What to work on >>
Should a line below contain the word "waits", report it.

Supplied records >>
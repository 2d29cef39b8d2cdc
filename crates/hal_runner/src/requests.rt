//! What a process asks and waits for, once more.

ghost use Rattle.std.specs.Prelude.{◌≡◌};

use hal_machine::{Rest, Wait};
use hal_values::{Line, Request};

/// A line.
fn line_of(line: &Line) -> Line
    ensures { result ≡ line.now }
{
    let mut copy = Line::new();
    let _all_fit = copy.append(line.bytes());
    copy
}

/// A request.
pub fn request_of(request: &Request) -> Request
    ensures { result ≡ request.now }
{
    match request {
        Request::Begin => Request::Begin,
        Request::Read(spot) => Request::Read(*spot),
        Request::Write(cell, value) => Request::Write(*cell, value.copy()),
        Request::Pass => Request::Pass,
        Request::Update(groups) => Request::Update(*groups),
        Request::Schedule(plan) => Request::Schedule(*plan),
        Request::Cancel(process) => Request::Cancel(*process),
        Request::Terminate(process) => Request::Terminate(*process),
        Request::Wait(pause) => Request::Wait(*pause),
        Request::Signal(event) => Request::Signal(*event),
        Request::Set(event) => Request::Set(*event),
        Request::Reset(event) => Request::Reset(*event),
        Request::Priority(process, priority) => Request::Priority(*process, *priority),
        Request::Print(channel, line) => Request::Print(*channel, line_of(line)),
        Request::Input(channel, kind) => Request::Input(*channel, *kind),
        Request::Now => Request::Now,
        Request::Stop(error) => Request::Stop(*error),
        Request::Finish => Request::Finish,
        Request::Look(cell) => Request::Look(*cell),
        Request::Close(turns) => Request::Close(*turns),
    }
}

/// What is still to be done of an instruction.
fn rest_of(rest: &Rest) -> Rest
    ensures { result ≡ rest.now }
{
    match rest {
        Rest::Nothing => Rest::Nothing,
        Rest::Puts(place, value) => Rest::Puts(*place, value.copy()),
        Rest::Asks(request) => Rest::Asks(request_of(request)),
        Rest::Tries(request) => Rest::Tries(request_of(request)),
        Rest::Plans(plan, again) => Rest::Plans(*plan, *again),
    }
}

/// What is done with an answer.
pub(crate) fn wait_of(wait: &Wait) -> Wait
    ensures { result ≡ wait.now }
{
    match wait {
        Wait::Then(rest) => Wait::Then(rest_of(rest)),
        Wait::Pushes(kind) => Wait::Pushes(*kind),
        Wait::Tried => Wait::Tried,
        Wait::Takes(target) => Wait::Takes(*target),
        Wait::Copies {
            kind,
            shape,
            done,
            from,
            place,
        } => Wait::Copies {
            kind: *kind,
            shape: *shape,
            done: *done,
            from: *from,
            place: *place,
        },
        Wait::Opens(groups) => Wait::Opens(*groups),
        Wait::Renews => Wait::Renews,
        Wait::Halts(error) => Wait::Halts(*error),
    }
}
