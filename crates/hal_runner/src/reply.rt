//! What a process is answered.

ghost use Rattle.std.specs.Prelude.{◌≡◌};
ghost use Rattle.hal_states.specs.OfKinds.{told};
ghost use Rattle.hal_runner.specs.Replies.{reply_seen, is_killed};

use hal_machine::{nothing, of_kind};
use hal_values::{ErrNo, Kind, Value};

/// What a process is answered.
#[derive(Drop)]
pub enum Reply {
    /// To Begin.
    Begun,
    /// What was asked for.
    Value(Value),
    /// It is done.
    Done,
    /// It isn't done, for this error.
    Wrong(ErrNo),
    /// An UPDATE block begins, while the shared cells hold this.
    Block(Vec<Value>),
    /// To any request: the process was ended.
    Killed,
}

impl Reply {
    /// Whether the process was ended.
    pub(crate) fn is_killed(&self) -> bool
        ensures { result ≡ is_killed (reply_seen self.now) }
    {
        match self {
            Reply::Begun => false,
            Reply::Value(_) => false,
            Reply::Done => false,
            Reply::Wrong(_) => false,
            Reply::Block(_) => false,
            Reply::Killed => true,
        }
    }

    /// The value of a kind that it tells.
    pub(crate) fn told(self, kind: Kind) -> Value
        ensures { result ≡ told kind (reply_seen self) }
    {
        match self {
            Reply::Value(one) => of_kind(kind, one),
            Reply::Begun => nothing(kind),
            Reply::Done => nothing(kind),
            Reply::Wrong(_error) => nothing(kind),
            Reply::Block(_store) => nothing(kind),
            Reply::Killed => nothing(kind),
        }
    }
}
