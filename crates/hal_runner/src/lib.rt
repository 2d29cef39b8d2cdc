//! Processes of an image as the machine runs them, from one request to the next. `specs/` says which premises its instructions have.
#![tactic(auto)]

mod acting;
mod answering;
mod bare_loops;
mod calling;
mod cases;
mod choosing;
mod clearing;
mod copying;
mod loading;
mod machines;
mod moving;
mod naming;
mod prepared;
mod quick;
mod ready;
mod reply;
mod requests;
mod rooms;
mod runner;
mod turning;

pub use cases::Cases;
pub use loading::{Loaded, cells_of};
pub use machines::{values_of, writes_of};
pub use prepared::Prepared;
pub use quick::Quick;
pub use ready::Ready;
pub use reply::Reply;
pub use requests::request_of;
pub use runner::Runner;
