//! What is done with an answer.

ghost use Rattle.std.specs.Prelude.{◌≡◌, ◌<◌, ◌-◌, ◌^◌, suc, drop, length, [], Some};
ghost use Rattle.hal_states.specs.Modes.{mode, opened};
ghost use Rattle.hal_states.specs.OfKinds.{told};
ghost use Rattle.hal_code.specs.Addressing.{copied, placed};
ghost use Rattle.hal_code.specs.Cores as cores;
ghost use Rattle.hal_code.specs.Cores.{with_mode};
ghost use Rattle.hal_code.specs.Images.{kinds_of};
ghost use Rattle.hal_code.specs.Machine.{begun, tried_by, taken_by, given, after_answer};
ghost use Rattle.hal_machine.specs.Seen.{core_seen, setting_seen, spot_seen, step_seen, wait_seen, Does};
ghost use Rattle.hal_right_values.specs.Finding.{CopiesFit};
ghost use Rattle.hal_runner.specs.Replies.{reply_seen};
ghost use Rattle.hal_runner.specs.Ways.{AnswerFits, ShapesFit};

use crate::copying::copy_from;
use crate::reply::Reply;
use hal_machine::{Machine, Place, Rest, Setting, Stepped, Wait};
use hal_values::{Kind, Request, Value};
use std::alloc::AllocError;

/// The next cycle begins, with what the process keeps.
fn begin(machine: &mut Machine, setting: &Setting<'_>) -> Stepped
    requires { setting.now.begin < 2 ^ 64 - 1 }
    ensures does { step_seen setting.now.image.now result machine.new ≡ begun (setting_seen setting.now) (core_seen machine.old).kept }
    ensures room { machine.new.blocks.room ≡ machine.old.blocks.room }
{
    machine.at = setting.begin + 1;
    machine.operands.clear();
    machine.line.clear();
    machine.blocks.restart();
    machine.groups = None;
    machine.store.clear();
    machine.writes.clear();
    machine.turns = 0;
    machine.asks(setting, Request::Begin, Wait::Then(Rest::Nothing))
}

/// An error that the answer is arises.
fn tried(machine: &mut Machine, setting: &Setting<'_>, reply: Reply) -> Stepped
    ensures does { step_seen setting.now.image.now result machine.new ≡ tried_by (setting_seen setting.now) (reply_seen reply) (core_seen machine.old) }
    ensures room { machine.new.blocks.room ≡ machine.old.blocks.room }
{
    match reply {
        Reply::Wrong(error) => machine.raised(setting, error),
        Reply::Begun => Stepped::Moves,
        Reply::Value(_) => Stepped::Moves,
        Reply::Done => Stepped::Moves,
        Reply::Block(_) => Stepped::Moves,
        Reply::Killed => Stepped::Moves,
    }
}

/// The answer to INPUT; without a value control goes on at the target.
fn taken(
    machine: &mut Machine,
    setting: &Setting<'_>,
    target: usize,
    reply: Reply,
) -> Result<Stepped, AllocError>
    ensures does { Does setting.now.image.now result machine.new (taken_by (setting_seen setting.now) target (reply_seen reply) (core_seen machine.old)) }
    ensures room { machine.new.blocks.room ≡ machine.old.blocks.room }
{
    match reply {
        Reply::Value(one) => {
            machine.operands.push(one)?;
            Ok(Stepped::Moves)
        }
        Reply::Wrong(error) => {
            machine.at = target;
            Ok(machine.raised(setting, error))
        }
        Reply::Begun => Ok(machine.jump(setting, target)),
        Reply::Done => Ok(machine.jump(setting, target)),
        Reply::Block(_store) => Ok(machine.jump(setting, target)),
        Reply::Killed => Ok(machine.jump(setting, target)),
    }
}

/// An UPDATE block begins, of these groups, while the shared cells hold this.
fn enter(
    machine: &mut Machine,
    setting: &Setting<'_>,
    groups: u16,
    store: Vec<Value>,
    turns: u32,
) -> Stepped
    ensures does { step_seen setting.now.image.now result machine.new ≡ cores.Moves (with_mode (mode (Some groups) store.items [] turns) (core_seen machine.old)) }
    ensures room { machine.new.blocks.room ≡ machine.old.blocks.room }
{
    machine.groups = Some(groups);
    machine.store = store;
    machine.writes.clear();
    machine.turns = turns;
    Stepped::Moves
}

/// An UPDATE block begins with the answer.
fn entered(machine: &mut Machine, setting: &Setting<'_>, groups: u16, reply: Reply) -> Stepped
    ensures does { step_seen setting.now.image.now result machine.new ≡ cores.Moves (with_mode (opened setting.now.turns groups (reply_seen reply)) (core_seen machine.old)) }
    ensures room { machine.new.blocks.room ≡ machine.old.blocks.room }
{
    match reply {
        Reply::Block(store) => enter(machine, setting, groups, store, setting.turns),
        Reply::Begun => enter(machine, setting, groups, Vec::new(setting.alloc), 0),
        Reply::Value(_) => enter(machine, setting, groups, Vec::new(setting.alloc), 0),
        Reply::Done => enter(machine, setting, groups, Vec::new(setting.alloc), 0),
        Reply::Wrong(_) => enter(machine, setting, groups, Vec::new(setting.alloc), 0),
        Reply::Killed => enter(machine, setting, groups, Vec::new(setting.alloc), 0),
    }
}

/// The value of a cell that is copied to an own place comes there, and then those of the cells behind it.
fn copied(
    machine: &mut Machine,
    setting: &Setting<'_>,
    one: Value,
    shape: u32,
    done: usize,
    from: Place,
    place: u32,
) -> Result<Stepped, AllocError>
    requires shapes { ShapesFit setting.now.image.now }
    requires place { suc place < 2 ^ 32 }
    requires fits { CopiesFit (length (drop done (kinds_of setting.now.image.now shape))) (spot_seen from) (suc place) }
    ensures does { Does setting.now.image.now result machine.new (copied (setting_seen setting.now) (drop done (kinds_of setting.now.image.now shape)) (spot_seen from) (suc place) (placed place one (core_seen machine.old))) }
    ensures room { machine.new.blocks.room ≡ machine.old.blocks.room }
{
    machine.put_own(setting.alloc, place as usize, &one)?;
    copy_from(machine, setting, shape, done, from, place + 1)
}

/// An answer other than Killed.
fn given(
    machine: &mut Machine,
    setting: &Setting<'_>,
    wait: Wait,
    reply: Reply,
) -> Result<Stepped, AllocError>
    requires begin { setting.now.begin < 2 ^ 64 - 1 }
    requires shapes { ShapesFit setting.now.image.now }
    requires fits { AnswerFits (wait_seen setting.now.image.now wait) }
    ensures does { Does setting.now.image.now result machine.new (given (setting_seen setting.now) (wait_seen setting.now.image.now wait) (reply_seen reply) (core_seen machine.old)) }
    ensures room { machine.new.blocks.room ≡ machine.old.blocks.room }
{
    match wait {
        Wait::Then(rest) => machine.rested(setting, rest),
        Wait::Pushes(kind) => {
            machine.operands.push(reply.told(kind))?;
            Ok(Stepped::Moves)
        }
        Wait::Tried => Ok(tried(machine, setting, reply)),
        Wait::Takes(target) => taken(machine, setting, target, reply),
        Wait::Copies {
            kind,
            shape,
            done,
            from,
            place,
        } => copied(machine, setting, reply.told(kind), shape, done, from, place),
        Wait::Opens(groups) => Ok(entered(machine, setting, groups, reply)),
        Wait::Renews => Ok(begin(machine, setting)),
        Wait::Halts(error) => Ok(machine.asks(setting, Request::Stop(error), Wait::Halts(error))),
    }
}

/// An answer.
#[tactic(auto, using(crate::proofs::Alive::alive, crate::proofs::Alive::killed))]
pub(crate) fn answered(
    machine: &mut Machine,
    setting: &Setting<'_>,
    wait: Wait,
    reply: Reply,
) -> Result<Stepped, AllocError>
    requires begin { setting.now.begin < 2 ^ 64 - 1 }
    requires shapes { ShapesFit setting.now.image.now }
    requires fits { AnswerFits (wait_seen setting.now.image.now wait) }
    ensures does { Does setting.now.image.now result machine.new (after_answer (setting_seen setting.now) (wait_seen setting.now.image.now wait) (reply_seen reply) (core_seen machine.old)) }
    ensures room { machine.new.blocks.room ≡ machine.old.blocks.room }
{
    if reply.is_killed() {
        return Ok(begin(machine, setting));
    }
    given(machine, setting, wait, reply)
}
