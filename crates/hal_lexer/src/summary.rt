//! What the words of all texts come to. Each word has a number; a name has one wherever it stands, and
//! another word has one each time. So what a name comes to is found without its letters, from the
//! numbers of the words in its text, and where a text changes only names that were summed up behind it
//! are summed up anew, in the same order.

ghost use Rattle.std.specs.Prelude.{◌≡◌, ◌<◌, ◌++◌, ◌∷◌, [], ◌⊎◌, List, None, Some, true, is_some, length, map, slice_get, slice_set, IfOk, IfErr, OnOk, IfSome, IsTrue, IsFalse};
ghost use Rattle.hal_lexer.specs.declared.summary.Cut.TheVariants as cut;
ghost use Rattle.hal_lexer.specs.declared.comes.Given.{Given};
ghost use Rattle.hal_lexer.specs.Defined.{found};
ghost use Rattle.hal_lexer.specs.Summary.{Amounts, Gathers, IsAmount, IsPlain, IsSaid, Keeps, Stands, given_of, list_of};
ghost use Rattle.hal_lexer.specs.Texts.{IsText};

use crate::comes::{Comes, Given, Parts, comes_of};
use crate::cut::cut_of;
use crate::number_list::Numbers;
use crate::order::{Entry, Order};
use crate::plan::Plan;
use crate::token_list::Tokens;
use crate::writing::write_given;
use hal_base::{Fault, Place};
use hal_words::{Name, Word};
use indexmap::IndexMap;
use std::alloc::{AllocError, Global};

/// More parts than so many aren't gathered again for a name that may not be needed any more.
const FEW: usize = 64;

/// What is kept of the text of a name: it has none, or one in which a rule is broken, or the numbers of
/// its words.
#[derive(Drop)]
pub(crate) enum Cut {
    Undefined,
    Broken,
    Word(u32),
    Words(Numbers),
}

/// The words with what they come to, and the names that are summed up, each behind those in its text.
#[derive(Drop)]
pub(crate) struct Summary {
    words: Vec<Word>,
    numbers: IndexMap<Name, u32>,
    comes: Vec<Comes>,
    cuts: Vec<Cut>,
    done: Order,
    plan: Plan,
}
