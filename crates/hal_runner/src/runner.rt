//! A process of an image, from one request to the next.

ghost use Rattle.std.specs.Prelude.{◌≡◌, ◌<◌, ◌-◌, ◌^◌, [], ◌∷◌, ◌++◌, List, slice_get, map, IfOk, OnOk};
ghost use Rattle.hal_values.specs.Answers.{Answered};
ghost use Rattle.hal_states.specs.Spots.{held_in};
ghost use Rattle.hal_code.specs.declared.image.ImageParts.{ImageParts};
ghost use Rattle.hal_code.specs.Courses.{settled, course};
ghost use Rattle.hal_code.specs.Machine.{after_answer};
ghost use Rattle.hal_machine.specs.Blocks.{HasAsMuch};
ghost use Rattle.hal_machine.specs.Seen.{core_seen};
ghost use Rattle.hal_runner.specs.Replies.{reply_seen};
ghost use Rattle.hal_runner.specs.Prepared.{prepared_seen};
ghost use Rattle.hal_runner.specs.Cases.{AreReady};
ghost use Rattle.hal_runner.specs.Runners.{asked_seen};
ghost use Rattle.hal_runner.specs.Ways.{IsAmple, AnswerFits, ShapesFit, WayFits};

use crate::answering::answered;
use crate::copying::held_in;
use crate::machines::{machine_of, places_of};
use crate::moving::settle;
use crate::prepared::Prepared;
use crate::reply::Reply;
use crate::rooms::blocks_for;
use hal_machine::{Machine, Operands, Rest, Wait};
use hal_values::{ErrNo, Request, Value};
use std::alloc::{AllocError, Global};

/// The last error of a process before any.
const NO_ERROR: ErrNo = ErrNo {
    group: 0,
    number: 0,
};

/// A process that waits for an answer.
#[derive(Drop)]
pub struct Runner {
    machine: Machine,
}

impl Runner {
    /// A process before any answer. All the room for the blocks that it enters and for their error entries is taken here.
    pub fn start(setting: &Prepared<'_>) -> Result<Runner, AllocError>
        requires { setting.now.plain.begin < 2 ^ 64 - 1 }
        ensures room { IfOk result (λ runner. IsAmple setting.now.plain.image.now runner.machine.blocks.room) }
        ensures does { IfOk result (λ runner. asked_seen setting.now.plain.image.now runner ≡ course (prepared_seen setting.now) []) }
    {
        let places = places_of(setting.plain.alloc, setting.plain.firsts)?;
        let machine = Machine {
            at: setting.plain.begin + 1,
            operands: Operands::new(setting.plain.alloc),
            spare: Operands::new(setting.plain.alloc),
            line: Vec::new(setting.plain.alloc),
            blocks: blocks_for(setting.plain.alloc, setting.plain.image)?,
            places,
            last: NO_ERROR,
            groups: None,
            store: Vec::new(setting.plain.alloc),
            writes: Vec::new(setting.plain.alloc),
            turns: 0,
            request: Request::Begin,
            wait: Wait::Then(Rest::Nothing),
        };
        Ok(Runner { machine })
    }

    /// The same process once more.
    pub fn copy(&self, alloc: Global) -> Result<Runner, AllocError>
        ensures same { IfOk result (λ copy. (image : ImageParts) → asked_seen image copy ≡ asked_seen image self.now) }
        ensures room { IfOk result (λ copy. HasAsMuch self.now.machine.blocks.room copy.machine.blocks.room) }
    {
        Ok(Runner {
            machine: machine_of(alloc, &self.machine)?,
        })
    }

    /// What the process asks.
    pub fn request(&self) -> &Request
        ensures { result.now ≡ self.now.machine.request }
    {
        &self.machine.request
    }

    /// The value that an own place of the process holds.
    pub fn own(&self, number: usize) -> Value
        ensures { result ≡ held_in (slice_get (core_seen self.now.machine).kept.places number) }
    {
        held_in(&self.machine, number)
    }

    /// What the UPDATE block that was entered last wrote, in order.
    pub fn writes(&self) -> &[(u16, Value)]
        ensures { result.now ≡ (core_seen self.now.machine).mode.writes }
    {
        self.machine.writes.as_slice()
    }

    /// How many turns it has left.
    pub fn turns(&self) -> u32
        ensures { result ≡ (core_seen self.now.machine).mode.turns }
    {
        self.machine.turns
    }

    /// The process is answered, and goes on until it asks again. Where memory runs out it can't go on.
    pub fn answer(&mut self, setting: &Prepared<'_>, reply: Reply) -> Result<(), AllocError>
        requires begin { setting.now.plain.begin < 2 ^ 64 - 1 }
        requires shapes { ShapesFit setting.now.plain.image.now }
        requires fits { AnswerFits (asked_seen setting.now.plain.image.now self.old).wait }
        requires ready { AreReady setting.now.plain.image.now setting.now.ready.now }
        requires way { WayFits (prepared_seen setting.now) (after_answer (prepared_seen setting.now) (asked_seen setting.now.plain.image.now self.old).wait (reply_seen reply) (asked_seen setting.now.plain.image.now self.old).core) }
        requires room { IsAmple setting.now.plain.image.now self.old.machine.blocks.room }
        ensures room { self.new.machine.blocks.room ≡ self.old.machine.blocks.room }
        ensures does { (answers : List Answered) → asked_seen setting.now.plain.image.now self.old ≡ course (prepared_seen setting.now) answers → OnOk result (asked_seen setting.now.plain.image.now self.new ≡ course (prepared_seen setting.now) (answers ++ (reply_seen reply ∷ []))) }
    {
        let wait = std::mem::replace(&mut self.machine.wait, Wait::Tried);
        let step = answered(&mut self.machine, &setting.plain, wait, reply)?;
        settle(&mut self.machine, setting, step)?;
        Ok(())
    }
}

Completed exercise >>
//! What a process asks and waits for, once more.
/// A process that waits for an answer.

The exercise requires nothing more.